7. Working sourdoughs by hand can add beneficial bacteria to the mix.
8. Mixed and ready to start fermenting. The texture should be like thin porridge.
9. Cover with a polythene bag to prevent the surface drying out. Put in a warm place (not more than 30°C)
10. After 12 hours or so, it might look like this. It has begun to bubble a little, but is not very active yet. Give it a few more hours in a warm place.
11. A close-up of an active starter after refreshment. The bubbles are yeast activity and will subside gradually to leave a flat surface, often covered with a thin layer of grey liquid. This is normal.
B. Making a wheat Production Sourdough [PS] or ‘Production Leaven’

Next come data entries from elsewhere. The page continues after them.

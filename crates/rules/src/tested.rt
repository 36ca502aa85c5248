// Which lines a rule tests.
ghost use Rattle.std.specs.Prelude.{◌≡◌, ◌↔◌, IsTrue};
ghost use Rattle.std.specs.List.{list_all};
ghost use Rattle.rules.specs.Tested.{SomeTests, TestsOnlyBelow, row_tests, row_below};
ghost use Rattle.rules.specs.Texts.{table_of};

use crate::row::Row;
use crate::rule::Rule;

fn tests(row: Row, line: u8) -> bool
    ensures { result ≡ row_tests row line }
{
    match row {
        Row::Test { line: tested, .. } => line == tested,
        _ => false,
    }
}

fn tests_below(row: Row, lines: usize) -> bool
    ensures { result ≡ row_below row lines }
{
    match row {
        Row::Test { line, .. } => (line as usize) < lines,
        _ => true,
    }
}

fn all_below(rows: &[Row], lines: usize) -> bool
    ensures { result ≡ list_all (λ r. row_below r lines) rows.now }
{
    rows.iter().all(|row| tests_below(*row, lines))
}

impl Rule {
    /// Whether one of the rows tests the line.
    pub fn tests_line(&self, line: u8) -> bool
        ensures { IsTrue result ↔ SomeTests (table_of self.now) line }
    {
        self.rows().iter().any(|row| tests(*row, line))
    }

    /// Whether each line that the rows test is one of the first `lines`.
    pub fn tests_only_below(&self, lines: usize) -> bool
        ensures { IsTrue result ↔ TestsOnlyBelow (table_of self.now) lines }
    {
        all_below(self.rows(), lines)
    }
}
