// Why a text is no rule.
ghost use Rattle.std.specs.Prelude.{◌≡◌};
ghost use Rattle.rules.specs.declared.fault.RuleFault.TheVariants.{Token};

use tokens::fault::TokenFault;

// Places are bytes of the text.
#[derive(Clone, Copy, PartialEq, Eq)]
pub enum RuleFault {
    // The text has no byte.
    Empty,
    // The text is too long, or somewhere no token begins.
    Token(TokenFault),
    // The token with which no rule text can go on, the first such, or the length of a text that ends too early.
    Grammar { at: usize },
    // A name that is not a line's.
    UnknownName { at: usize },
    // A limit or a window that is out of bounds, at its first number.
    OutOfBounds { at: usize },
    // A token that makes the depth 17.
    TooDeep { at: usize },
    // More than 64 rows.
    TooManyRows,
    // The reach is above 500,000,000.
    TooFar,
}

impl From<TokenFault> for RuleFault {
    ghost from_gives = { λ e r. r ≡ Token e };

    fn from(fault: TokenFault) -> RuleFault {
        RuleFault::Token(fault)
    }
}
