// Reading a rule text.
ghost use Rattle.std.specs.Prelude.{◌≡◌};
ghost use Rattle.tokens.specs.Answers.{texts};
ghost use Rattle.rules.specs.Rows.{Sound, reach};
ghost use Rattle.rules.specs.Grammar.{Derives, Phrase, expr};
ghost use Rattle.rules.specs.Texts.{table_of, answer_of, place_in, checked, Parsed, Answered, Derived};

use crate::checks::{out_of_bounds, unknown_name};
use crate::fault::RuleFault;
use crate::reach::reach_of;
use crate::readers::Source;
use crate::row::Row;
use crate::rule::Rule;
use crate::table::Table;
use tokens::lexer::tokenize;

// No rule has more rows, or looks further ahead.
const ROWS: usize = 64;

const REACH: u64 = 500_000_000;

// Where the tokens stand in their text, and where it ends.
#[derive(Clone, Copy)]
struct Places<'a> {
    places: &'a [usize],
    end: usize,
}

impl Places<'_> {
    // The byte of a token, or the end of the text behind the last.
    fn byte_of(&self, token: usize) -> usize
        ensures { result ≡ place_in self.now.places.now self.now.end token }
    {
        self.places.get(token).copied().unwrap_or(self.end)
    }
}

// The checks behind the grammar, each over the whole text before the next.
fn check(source: &Source, places: &Places, table: Table) -> Result<Rule, RuleFault>
    requires { Derived source.now.tokens.now table }
    ensures { (p : Phrase expr) → Derives source.now.tokens.now p → answer_of result ≡ checked (place_in places.now.places.now places.now.end) p }
{
    if let Some(token) = unknown_name(source.tokens) {
        return Err(RuleFault::UnknownName {
            at: places.byte_of(token),
        });
    }
    if let Some(token) = out_of_bounds(source.tokens) {
        return Err(RuleFault::OutOfBounds {
            at: places.byte_of(token),
        });
    }
    if let Some(token) = table.deep {
        return Err(RuleFault::TooDeep {
            at: places.byte_of(token),
        });
    }
    if table.count > ROWS {
        return Err(RuleFault::TooManyRows);
    }
    if reach_of(&table.rows[0..table.count]) > REACH {
        return Err(RuleFault::TooFar);
    }
    Ok(Rule {
        rows: table.rows,
        count: table.count,
    })
}

fn of_tokens(source: &Source, places: &Places) -> Result<Rule, RuleFault>
    ensures { Parsed source.now.tokens.now (place_in places.now.places.now places.now.end) (answer_of result) }
{
    match source.derive() {
        Ok(table) => check(source, places, table),
        Err(stop) => Err(RuleFault::Grammar {
            at: places.byte_of(stop.at),
        }),
    }
}

impl Rule {
    // Reads a rule text over lines with these names; a 17th name and any behind it are not looked at, and where two are equal the earlier one counts.
    pub fn read(text: &[u8], names: &[&[u8]]) -> Result<Rule, RuleFault>
        ensures { Answered (texts names.now) text.now (answer_of result) }
    {
        if text.is_empty() {
            return Err(RuleFault::Empty);
        }
        let tokens = tokenize(text, names)?;
        let source = Source {
            tokens: tokens.tokens(),
        };
        let places = Places {
            places: tokens.places(),
            end: text.len(),
        };
        of_tokens(&source, &places)
    }

    // The rows; the last is the rule's.
    pub fn rows(&self) -> &[Row]
        ensures is { result.now ≡ table_of self.now }
        ensures sound { Sound result.now }
    {
        &self.rows[0..self.count]
    }

    // How many ticks ahead the rule looks.
    pub fn reach(&self) -> u32
        ensures { result ≡ reach (table_of self.now) }
    {
        reach_of(&self.rows[0..self.count]) as u32
    }
}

80 g Sourdough Starter (e.g. rye starter from above) *
200 g Wholemeal wheat flour
100 g Water (at about 35°C)
380 g Total
* That should leave about 20 grams of pure rye starter. Keep these 20 grams in the fridge until you want to make more rye bread or refresh it now to be sure of having enough in the fridge when you next need it.
Mix everything together into a soft dough. Cover and leave in a warm place for 4 hours or until it has roughly doubled in volume. Then use this Production Sourdough to make your final dough.
C. Wheat Bread Dough
300 g Refreshed Production Sourdough**
400 g Wheat flour (wholemeal, white or a mixture)
8 g Sea Salt
300 g Water (at about 30°C)
1008 g Total
** You will be left with about 80 g of Production Sourdough which is a hybrid of wheat and rye. Keep this in the fridge in a separate tub until you next refresh it to make bread, or add it into the remains of your rye starter, but remember that this will no longer be pure rye.
Make a dough with all the ingredients except the refreshed PS. Knead until the gluten is showing good signs of development. Then add the refreshed PS and continue kneading for a few more minutes. At the end of kneading the dough should be soft and stretchy and coming away from your hands, but it should not be so firm that it doesn’t stick to the worktop if left for a few seconds.
Dust a proving basket with brown rice flour (or wholemeal wheat flour). Form your dough piece into a rough round and, keeping the tucks uppermost, dip the dough in a bowl (or puddle) of the same flour so that at least the bottom half of the dough is covered in flour. Place it in your floured basket and flick a little more flour on any surfaces that might get stuck to the basket. Cover loosely with a polythene bag and leave to prove in a draught-free place for 3-4 hours.
When you tip the proved dough out of its basket on to a baking tray or peel (a baker’s flat shovel for sliding loaves into the oven), mark it with whatever cuts take your fancy. Bake in a fairly hot oven to develop a really good crust.
Alternatively, mould the dough piece up tightly and put it in a baking tin (or two small ones), aiming to fill the tin(s) about half full. Cover and prove until the dough is nearing the top of the tin or is beginning to feel a little fragile when gently pressed with a flat finger.
Bake in an oven that is pre-heated to 230°C (or as hot as the controls indicate) for ten minutes, then lower the temperature to 210°C and continue to bake for about 30 minutes. The loaf should have a firm deep crust which cannot easily be depressed. This will gradually soften as the loaf cools and the moisture in the internal crumb migrates to the surface.
This recipe appears (with minor differences) as Cromarty Cob on pp 198-200 of Bread Matters.